Single-stranded DNA bound to bacterial cold-shock proteins: preliminary crystallographic and Raman analysis

The cold-shock response has been described for several bacterial species. It is characterized by distinct changes in intracellular protein patterns whereby a set of cold-shock-inducible proteins become abundant. The major cold-shock proteins of Bacillus subtilis (Bs-­CspB) and Bacillus caldolyticus (Bc-Csp) are small oligonucleotide/oligosaccharide-binding (OB) fold proteins that have been described as binding single-stranded nucleic acids.
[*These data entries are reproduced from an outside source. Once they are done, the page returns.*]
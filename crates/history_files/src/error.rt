//! Why the trees of files aren't read (`ReadError`), from the errors of lookups and the want of memory.

ghost use Rattle.std.specs.Prelude.{◌≡◌};
ghost use Rattle.history_files.specs.Reading.{as_read};
ghost use Rattle.history_files.specs.declared.error.ReadError.TheVariants.{Memory};

use gix_hash::ObjectId;
use gix_object_lookup::find;
use gix_object_lookup::find::existing_iter;
use std::alloc::{AllocError, AllocFailed};

/// Why the trees of files aren't read.
#[derive(Debug, Clone, Copy, thiserror::Error)]
pub enum ReadError {
    /// The store failed to look a tree up.
    #[error("a tree couldn't be looked up")]
    Failed,
    /// There is no readable tree under this id.
    #[error("the tree {oid} is missing, or can't be read")]
    Broken {
        /// The id.
        oid: ObjectId,
    },
    /// No memory is left.
    #[error("out of memory")]
    Memory,
}

impl From<find::Error> for ReadError {
    ghost use Rattle.history_files.specs.Reading.{as_looked_up};

    ghost from_gives = { λ error given. given ≡ as_looked_up error };

    fn from(error: find::Error) -> ReadError {
        match error {
            find::Error::Failed => ReadError::Failed,
            find::Error::Memory => ReadError::Memory,
        }
    }
}

impl From<existing_iter::Error> for ReadError {
    ghost from_gives = { λ error given. given ≡ as_read error };

    fn from(error: existing_iter::Error) -> ReadError {
        match error {
            existing_iter::Error::Find(error) => ReadError::from(error),
            existing_iter::Error::NotFound { oid } => ReadError::Broken { oid },
            existing_iter::Error::ObjectKind { oid, .. } => ReadError::Broken { oid },
        }
    }
}

impl From<AllocError> for ReadError {
    ghost from_gives = { λ _ given. given ≡ Memory };

    fn from(_: AllocError) -> ReadError {
        ReadError::Memory
    }
}

impl<T: Drop> From<AllocFailed<T>> for ReadError {
    ghost from_gives = { λ _ given. given ≡ Memory };

    fn from(_: AllocFailed<T>) -> ReadError {
        ReadError::Memory
    }
}
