//! All files below a root: a walk records entries, and those of files are listed; why such a walk ends early.

ghost use Rattle.std.specs.Prelude.{◌≡◌, map, filter_map, ◌++◌, IfOk, IfErr, IsErrOf, OnOk, option_map, option_to_list};
ghost use Rattle.std.specs.FinMap.{entries};
ghost use Rattle.gix_hash.specs.Id.{Id, id_of};
ghost use Rattle.history_model.specs.Bytes.{Bytes};
ghost use Rattle.gix_object_tree.specs.Mode.{kind_of};
ghost use Rattle.gix_traverse_tree.specs.Recorder.{recorded_of};
ghost use Rattle.history_model.specs.Answers.{file_line};
ghost use Rattle.history_files.specs.Reading.{OfFiles, OwnFault, StopsBelow, line_of, line_named, line_recorded, as_walked};
ghost use Rattle.history_files.specs.declared.error.ReadError.TheVariants.{Failed};

use crate::error::ReadError;
use gix_hash::ObjectId;
use gix_object_lookup::FindInto;
use gix_object_tree::tree::{EntryKind, EntryMode};
use gix_traverse_tree::Recorder;
use gix_traverse_tree::depthfirst::{self, State, depthfirst};
use gix_traverse_tree::recorder::Entry;
use history_model::FileKind;
use std::alloc::{AllocError, Global};

/// A file below a root.
#[derive(Drop)]
pub struct File {
    /// What the file is.
    pub kind: FileKind,
    /// The id of its bytes.
    pub id: ObjectId,
    /// Its path.
    pub path: Vec<u8>,
}

/// Returns all files below a root, which is the id of a tree, ascending by the bytes of their
/// paths.
///
/// Returns `Failed` if a lookup failed; `Broken` with the id of the root or of a tree below it if
/// that is missing, or with the root's if a tree can't be read or is below itself; and `Memory` if
/// no memory is left.
pub fn files<S: FindInto>(alloc: Global, store: &S, root: &ObjectId) -> Result<Vec<File>, ReadError>
    ensures files { OfFiles (S.is_honest store.now) (S.table store.now) (id_of root.now)
        (λ kind files. IfOk result (λ found.
        map line_of found.items ≡ map (file_line kind) (entries files))) }
    ensures refused { OfFiles (S.is_honest store.now) (S.table store.now) (id_of root.now)
        (λ kind files. IfErr result (OwnFault (S.may_fail store.now))) }
    ensures stopped { IfErr result
        (StopsBelow (S.is_honest store.now) (S.may_fail store.now) (S.table store.now) root.now) }
    ensures failed { IsErrOf result Failed → S.may_fail store.now }
{
    let recorder = recorded(alloc, store, root)?;
    Ok(files_among(alloc, recorder.records.as_slice())?)
}

// Returns all entries below a root, recorded with their paths.
fn recorded<S: FindInto>(alloc: Global, store: &S, root: &ObjectId) -> Result<Recorder, ReadError>
    ensures files { OfFiles (S.is_honest store.now) (S.table store.now) (id_of root.now)
        (λ kind files. IfOk result (λ recorder.
        filter_map line_recorded (map recorded_of recorder.records.items)
        ≡ map (file_line kind) (entries files))) }
    ensures refused { OfFiles (S.is_honest store.now) (S.table store.now) (id_of root.now)
        (λ kind files. IfErr result (OwnFault (S.may_fail store.now))) }
    ensures stopped { IfErr result
        (StopsBelow (S.is_honest store.now) (S.may_fail store.now) (S.table store.now) root.now) }
    ensures failed { IsErrOf result Failed → S.may_fail store.now }
{
    let mut recorder = Recorder::new(alloc);
    let mut state = State::new(alloc);
    match depthfirst(*root, &mut state, store, &mut recorder) {
        Ok(()) => Ok(recorder),
        Err(error) => Err(read_error(error, *root)),
    }
}

/// Returns why a walk from this root ended early.
pub(crate) fn read_error(error: depthfirst::Error, root: ObjectId) -> ReadError
    ensures { result ≡ as_walked root error }
{
    match error {
        depthfirst::Error::Find(error) => ReadError::from(error),
        depthfirst::Error::Memory => ReadError::Memory,
        _ => ReadError::Broken { oid: root },
    }
}

// Returns the files among recorded entries.
fn files_among(alloc: Global, records: &[Entry]) -> Result<Vec<File>, AllocError>
    ensures { IfOk result (λ files.
        map line_of files.items ≡ filter_map line_recorded (map recorded_of records.now)) }
{
    let mut files = Vec::new(alloc);
    for entry in records {
        add_file(&mut files, alloc, entry)?;
    }
    Ok(files)
}

// Adds the file that an entry names, if it names one.
fn add_file(files: &mut Vec<File>, alloc: Global, entry: &Entry) -> Result<(), AllocError>
    ensures { OnOk result (map line_of files.new.items
        ≡ map line_of files.old.items ++ option_to_list (line_recorded (recorded_of entry.now))) }
{
    if let Some(kind) = file_kind(entry.mode) {
        files.push(file_of(alloc, kind, entry)?)?;
    }
    Ok(())
}

fn file_of(alloc: Global, kind: FileKind, entry: &Entry) -> Result<File, AllocError>
    ensures { let told = recorded_of entry.now in IfOk result (λ file.
        line_of file ≡ record { kind = kind; id = told.id; path = told.path }) }
{
    Ok(File {
        kind,
        id: entry.oid,
        path: Vec::from_slice(alloc, entry.filepath.as_bytes())?,
    })
}

// Returns what a file of this mode is; `None` for what is no file.
fn file_kind(mode: EntryMode) -> Option<FileKind>
    ensures { (id : Id) (path : Bytes)
        → option_map (λ kind. record { kind = kind; id = id; path = path }) result
        ≡ line_named (kind_of mode.value) id path }
{
    match mode.kind() {
        EntryKind::Blob => Some(FileKind::File),
        EntryKind::BlobExecutable => Some(FileKind::Exec),
        EntryKind::Link => Some(FileKind::Link),
        EntryKind::Tree | EntryKind::Commit => None,
    }
}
Bs-CspB (M_r = 7365) and Bc-Csp (M_r = 7333) were crystallized in the presence of the deoxyhexanucleotide (dT)₆. Crystals of (dT)₆ with Bs-CspB grew in the orthorhombic space group C222₁, with unit-cell parameters a = 49.0, b = 53.2, c = 77.0 Å. Crystals with Bc-Csp grew in the primitive orthorhombic space group P2₁2₁2, with unit-cell parameters a = 74.3, b = 64.9, c = 31.2 Å. These crystals diffract to maximal resolutions of 1.78 and 1.29 Å, respectively. The presence of protein and DNA in the crystals was demonstrated by Raman spectroscopy.